Some Democrats proffered bipartisan messages on Wednesday, though it remains to be seen how the new Senate majority will play out in bills and budget votes.
"Just leave the labels at the door," Democratic Governor-elect Ned Lamont said in a news conference Wednesday. "I want labor there, I want business leaders there, I want Democrats there, I want Republicans there."
He added that he talked to Republican leaders as well as Democratic ones on Wednesday, "and said my door is open, and any good idea, let's go with it. I'm going to share the credit where I can; I'll take the heat for the tough decisions."
Lamont didn't claim the results of the close election — the Associated Press had him with 49 percent of the vote to Republican opponent Bob Stefanowski's 47 percent, with 95 percent of precincts reporting, Wednesday night — as a mandate on the Democratic agenda but as one to "get this state working again."
"A mandate, I think, is to bring real, fundamental change," he said. "To tell you the truth, maybe Bob and I both had that message. We're both outsiders, we're not insiders, not part of the political process."
Locally, state Sen. Cathy Osten, D-Sprague, who won re-election to her 19th District seat Tuesday, told The Day that she always has worked with people on both sides of the aisle, even before the Senate was tied — and she doesn't plan on changing that.
Osten has served as co-chair of the Appropriations Committee, along with Sen. Paul Formica, R-East Lyme, and Rep. Toni Walker, D-New Haven.
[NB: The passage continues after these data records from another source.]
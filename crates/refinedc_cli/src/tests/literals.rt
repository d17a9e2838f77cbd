use crate::status::Status;
use crate::tests::{LISTING, SEVEN, expect};
use std::test::Fail;

// Files of the form, and files near it, with the answers that the form's definition gives them.
#[test]
fn literals_decide_the_answer(rt: HostRuntime) -> Result<(), Fail> {
    let alloc = rt.alloc();
    let rows: [(&[u8], &str); 20] = [
        (
            b"[[rc::returns(\"8 @ int<i32>\")]] int f(void) { return 7; }",
            "refused f.c:1:47: unsolved 7 = 8\n",
        ),
        (
            b"\n[[rc::returns(\"0 @ int<i32>\")]]\nint f(void)\n{\n\treturn 2147483647;\n}\n",
            "refused f.c:5:2: unsolved 2147483647 = 0\n",
        ),
        (
            b"[[rc::returns(\"2147483647 @ int<i32>\")]] int f(void) {\n\t\t return\n0 ;}",
            "refused f.c:2:4: unsolved 0 = 2147483647\n",
        ),
        (
            b"[ [ rc :: returns ( \"10 @ int<i32>\" ) ] ] int _x1 ( void ) { return 1 ; }",
            "refused f.c:1:62: unsolved 1 = 10\n",
        ),
        (
            b"\t[[rc::returns(\"1 @ int<i32>\")]] int rc(void) { return 10; }",
            "refused f.c:1:49: unsolved 10 = 1\n",
        ),
        (
            b"[[rc::returns(\"0 @ int<i32>\")]]int f(void){return 0;}",
            LISTING,
        ),
        (
            b"[[rc::returns(\"2147483647 @ int<i32>\")]] int returns(void) { return 2147483647; }",
            LISTING,
        ),
        (
            b"  \n[[rc::returns(\"7 @ int<i32>\")]]\tint\nreturn7(void) { return 7; }",
            LISTING,
        ),
        (
            b"[[rc::returns(\"12 @ int<i32>\")]] int A_z09(void) { return 12; }\n\n",
            LISTING,
        ),
        (SEVEN.as_bytes(), LISTING),
        (
            b"[[rc::returns(\"7 @ int<i32>\")]] int int7(void) { return 7; }",
            LISTING,
        ),
        (
            b"[[rc::returns(\"7 @ int<i32>\")]] int main(void) { return 7; }",
            LISTING,
        ),
        (
            b"[[rc::returns(\"100 @ int<i32>\")]] int f(void) { return 100; }",
            LISTING,
        ),
        (
            b"[[rc::returns(\"99 @ int<i32>\")]] int f(void) { return 100; }",
            "refused f.c:1:48: unsolved 100 = 99\n",
        ),
        (
            b"// returns 8\n[[rc::returns(\"8 @ int<i32>\")]] /* it\ndoesn't */ int f(void) { return /**/ 7; }",
            "refused f.c:3:26: unsolved 7 = 8\n",
        ),
        (
            b"[[rc::returns(\"8 @ int<i32>\")]]\r\nint f(void) { return 7; }\r\n",
            "refused f.c:2:15: unsolved 7 = 8\n",
        ),
        (
            b"#include <stddef.h>\n[[rc::returns(\"8 @ int<i32>\")]] int f(void) { return 7; }",
            "refused f.c:2:47: unsolved 7 = 8\n",
        ),
        (
            b"#define SEVEN 7\n[[rc::returns(\"7 @ int<i32>\")]] int f(void) { return SEVEN; }",
            LISTING,
        ),
        (
            b"#define ZERO 0\n[[rc::returns(\"0 @ int<i32>\")]] int f(void) { return ZERO; }",
            LISTING,
        ),
        (
            b"#define N 7\n#define N 8\n[[rc::returns(\"7 @ int<i32>\")]] int f(void) { return N; }",
            "refused f.c:3:47: unsolved 8 = 7\n",
        ),
    ];
    for (content, out) in rows {
        let status = if out == LISTING {
            Status::Accepted
        } else {
            Status::Refused
        };
        expect(&rt, alloc, &["check", "f.c"], content, (status, out, ""))?;
    }
    Ok(())
}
Osten said that while it's not her decision, she will be asking to remain chair of that committee.
Commenting that Osten "works very hard" and is "very knowledgeable on the budget," Formica expects Osten to be back as chair.
With Democrats now in control of the Senate, each joint committee will go from having one Democratic senator, one Republican senator and one Democratic representative as co-chairs to just one Democratic senator and one Democratic representative.
While the role of ranking member would not carry as much weight for Formica, who also won re-election Tuesday in the 20th District, he remains hopeful. "I'm just hopeful that the majority party now realizes the importance of listening and acting on some ideas that they may not be totally in favor of," he said, "and to get that budget with no tax increase and no tolls."
He is hopeful that bipartisanship and pathways built over the past two years can continue. Two examples he gave were the bipartisan tourism caucus, which he co-chaired with Democratic Rep. Diana Urban, and creating the volatility cap.
Referring to those who voted straight Democrat on their ballots because of the "Trump factor," Formica said it seems that Connecticut Republicans "were undone by one ideology."
The campaign of Sen. Heather Somers, R-Groton, took a more personal approach in its reflection, highlighting that "amid an otherwise dismal night for Connecticut Republicans, Senator Heather Somers won a convincing victory in a quintessential swing district."
The 18th District includes 14,603 registered Republicans and 20,109 registered Democrats, according to a spreadsheet attached to the news release. The spreadsheet showed that Somers' district has more of a Democratic registration advantage than three districts where incumbent Republicans lost.
According to unofficial results posted on the state secretary of the state's website, incumbent Republican senators to lose their seats to Democrats were L. Scott Frantz, Toni Boucher, Michael McLachlan, Len Suzio and George Logan.
The 33rd Senate District seat currently is held by Republican Art Linares, but Democrat Norm Needleman defeated Republican Rep. Melissa Ziobron in the open race. It was still too close to call Tuesday night, but Ziobron conceded midday Wednesday.
"I am willing to work with anyone, regardless of the political makeup of the Senate, who wants to help solve the economic problems and the budget problems that face the state," Needleman said in a voicemail Wednesday.
He added that this will "be a time of shared sacrifice and as much joint effort as we can get."
Somers could not be reached Wednesday for comment on the changing Senate dynamics.
Somers said in the news release, "I spent my first term in office focused on delivering results for eastern Connecticut and challenging the status quo in Hartford. The accomplishments, efforts and forward-looking priorities that stemmed from that focus provided the natural bedrock of a winning re-election message."